St Mary the Virgin Church is a Church of England parish church in the village of Wendens Ambo in Essex, England. It is listed Grade I for its architectural,
historical and topographical value.

It originally served the village of Wenden Magna (Great Wenden), which was merged with Wenden Parva (Little Wenden) to form Wendens Ambo in 1662.

==Architecture==
The building consists of a chancel with organ chamber, an aisled nave, a south porch and a tower surmounted by a Hertfordshire spike. The vestry in the western end of the south aisle, is unusually positioned.

===Tower===
The oldest part of the structure is the 11th-century tower. It is usually described as Norman. However, it could be pre-Conquest on the basis of a series of round window openings, like portholes: these small openings are found in Anglo-Saxon architecture and are sometimes called 'sound holes' although their actual function is unclear. The ones at Wendens Ambo are similar to late Saxon windows in St Bene't's church in Cambridge.

==History==
The first church on the site was probably constructed of wood, perhaps as early as the eighth century, but no trace of it remains. It seems to have been rebuilt in stone about the time Domesday Book was written (1086 A.D.) with later additions in the 13th, 14th, 15th and 19th centuries.

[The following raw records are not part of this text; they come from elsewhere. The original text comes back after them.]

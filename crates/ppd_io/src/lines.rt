ghost use Rattle.std.specs.Prelude.{◌≡◌, ◌⊎◌, [], true, false, length, IfOk, IsErrOf, vec_capacity, ◌≤◌, ◌<◌};
ghost use Rattle.ppd_ast.specs.declared.limits.TheConstants.{MOST_LINE_BYTES};
ghost use Rattle.ppd_io.specs.Causes.{Rose};
ghost use Rattle.ppd_io.specs.declared.bytes.TheConstants.{CHUNK_BYTES};
ghost use Rattle.ppd_io.specs.Lines.{Fills, GivesLine, HasNewline, IsAtNeed, StaysOver, TellsLine};

use crate::bytes::ByteReader;
use crate::source::Source;
use ppd_ast::Memory;
use ppd_ast::limits::MOST_LINE_BYTES;
use std::alloc::Global;
use std::fmt;
use std::marker::Model;
use thiserror::Error;

/// Why there is no next line.
#[derive(Clone, Copy, Error)]
pub enum LineError {
    /// A read failed.
    #[error("a read failed")]
    Failed,
    /// The next line has more than 4,096 bytes.
    #[error("the line is too long")]
    LongLine,
}

/// Gives the lines of a source, and reads only where it holds no whole line and has not met the end.
#[derive(Drop)]
pub struct LineReader {
    line: Vec<u8>,
    bytes: ByteReader,
    ended: bool,
}

impl Model for LineReader {
    ghost use Rattle.std.specs.Prelude.{◌<◌, length, vec_capacity};
    ghost use Rattle.ppd_ast.specs.declared.limits.TheConstants.{MOST_LINE_BYTES};
    ghost use Rattle.ppd_io.specs.declared.bytes.TheConstants.{CHUNK_BYTES};
    ghost use Rattle.ppd_io.specs.Lines.{Lined};

    ghost Value = { Lined };

    ghost view = { λ s. record { line = s.line.items; held = s.bytes; ended = s.ended } };

    ghost invariant = { λ s. (MOST_LINE_BYTES < vec_capacity s.line) × (length s.bytes < CHUNK_BYTES) };
}

/// Puts the bytes up to the next newline into an empty line, and answers whether the end was met in its place.
fn fill_line<I: Source>(
    line: &mut Vec<u8>,
    bytes: &mut ByteReader,
    source: &mut I,
) -> Result<bool, LineError>
    requires empty { line.old.items ≡ [] }
    requires room { MOST_LINE_BYTES < vec_capacity line.old }
    requires few { length bytes.old < CHUNK_BYTES }
    ensures filled { Fills (I.left source.old) (I.left source.new) bytes.old line.new.items bytes.new result }
    ensures cause { IsErrOf result LineError.Failed → Rose (I.faults source.old) (I.faults source.new) }
    ensures later { I.faults source.old ≤ I.faults source.new }
    ensures quiet { HasNewline bytes.old → source.new ≡ source.old }
    ensures need { (source.new ≡ source.old) ⊎ IsAtNeed (I.left source.old) (I.before_last source.new) bytes.old }
    ensures room { MOST_LINE_BYTES < vec_capacity line.new }
    ensures few { length bytes.new < CHUNK_BYTES }
{
    while line.len() <= MOST_LINE_BYTES {
        match bytes.next(source) {
            Err(_) => return Err(LineError::Failed),
            Ok(None) => return Ok(true),
            Ok(Some(b'\n')) => return Ok(false),
            Ok(Some(byte)) => {
                if line.push(byte).is_err() {
                    unreachable!()
                }
            }
        }
    }
    Err(LineError::LongLine)
}

impl LineReader {
    /// Reserves room for a line. `Memory` is want of memory.
    pub fn new(alloc: Global) -> Result<LineReader, Memory>
        ensures { IfOk result (λ r. r ≡ record { line = []; held = []; ended = false }) }
    {
        let line = Vec::with_capacity(alloc, MOST_LINE_BYTES + 1)?;
        let bytes = ByteReader::new(alloc)?;
        Ok(LineReader {
            line,
            bytes,
            ended: false,
        })
    }

    /// Goes to the next line, and answers whether there is one.
    fn advance<I: Source>(&mut self, source: &mut I) -> Result<bool, LineError>
        ensures given { self.old.ended ≡ false
            → GivesLine (I.left source.old) (I.left source.new) self.old.held self.new result }
        ensures over { self.old.ended ≡ true
            → (result ≡ Ok false) × (source.new ≡ source.old) × StaysOver self.old self.new }
        ensures failed { IsErrOf result LineError.Failed → Rose (I.faults source.old) (I.faults source.new) }
        ensures later { I.faults source.old ≤ I.faults source.new }
        ensures quiet { HasNewline self.old.held → source.new ≡ source.old }
        ensures need { (source.new ≡ source.old)
            ⊎ IsAtNeed (I.left source.old) (I.before_last source.new) self.old.held }
        ensures few { length self.new.held < CHUNK_BYTES }
    {
        self.line.clear();
        if self.ended {
            return Ok(false);
        }
        self.ended = fill_line(&mut self.line, &mut self.bytes, source)?;
        Ok(!self.ended || !self.line.is_empty())
    }

    /// Goes to the next line, which `line` then gives without its newline, and answers whether there is
    /// one. A last line without a newline is one where it is not empty. Once the end was met, nothing is read.
    ///
    /// `Failed` comes only where a read failed and the source's count of faults rose; `LongLine` exactly
    /// where the next line has more than 4,096 bytes. Of the bytes after the line fewer than `CHUNK_BYTES`
    /// are read, and nothing is read where a whole line is held (more than a line's length never is): where
    /// something is read, what is held and what was read before the last read have no newline.
    /// After an error the lines that follow mean nothing.
    pub fn next<I: Source>(&mut self, source: &mut I) -> Result<bool, LineError>
        ensures given { self.old.ended ≡ false
            → GivesLine (I.left source.old) (I.left source.new) self.old.held self.new result }
        ensures told { self.old.ended ≡ false
            → TellsLine (I.left source.old) (I.left source.new) self.old.held self.new result }
        ensures over { self.old.ended ≡ true
            → (result ≡ Ok false) × (source.new ≡ source.old) × StaysOver self.old self.new }
        ensures failed { IsErrOf result LineError.Failed → Rose (I.faults source.old) (I.faults source.new) }
        ensures later { I.faults source.old ≤ I.faults source.new }
        ensures quiet { HasNewline self.old.held → source.new ≡ source.old }
        ensures need { (source.new ≡ source.old)
            ⊎ IsAtNeed (I.left source.old) (I.before_last source.new) self.old.held }
        ensures few { length self.new.held < CHUNK_BYTES }
    {
        self.advance(source)
    }

    /// The line that `next` gave last.
    pub fn line(&self) -> &[u8]
        ensures { result.now ≡ self.now.line }
    {
        &self.line
    }
}

impl fmt::Debug for LineError {
    fn fmt<W: fmt::Write>(&self, f: &mut fmt::Formatter<W>) -> fmt::Result {
        fmt::Display::fmt(self, f)
    }
}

The church register of Great Wenden commenced in 1540. After Volume II, which was the register of Little Wenden until 1662, the two parishes were united as Wendens Ambo.

===Churchyard and hall===
In the 19th century Lord Braybrooke gifted land and a hall neighbouring the church to enable an extension to the ancient churchyard. The hall was extensively modernised in 2007 and under lease to the Village Hall, is managed for use by a variety of active village interest groups and activities.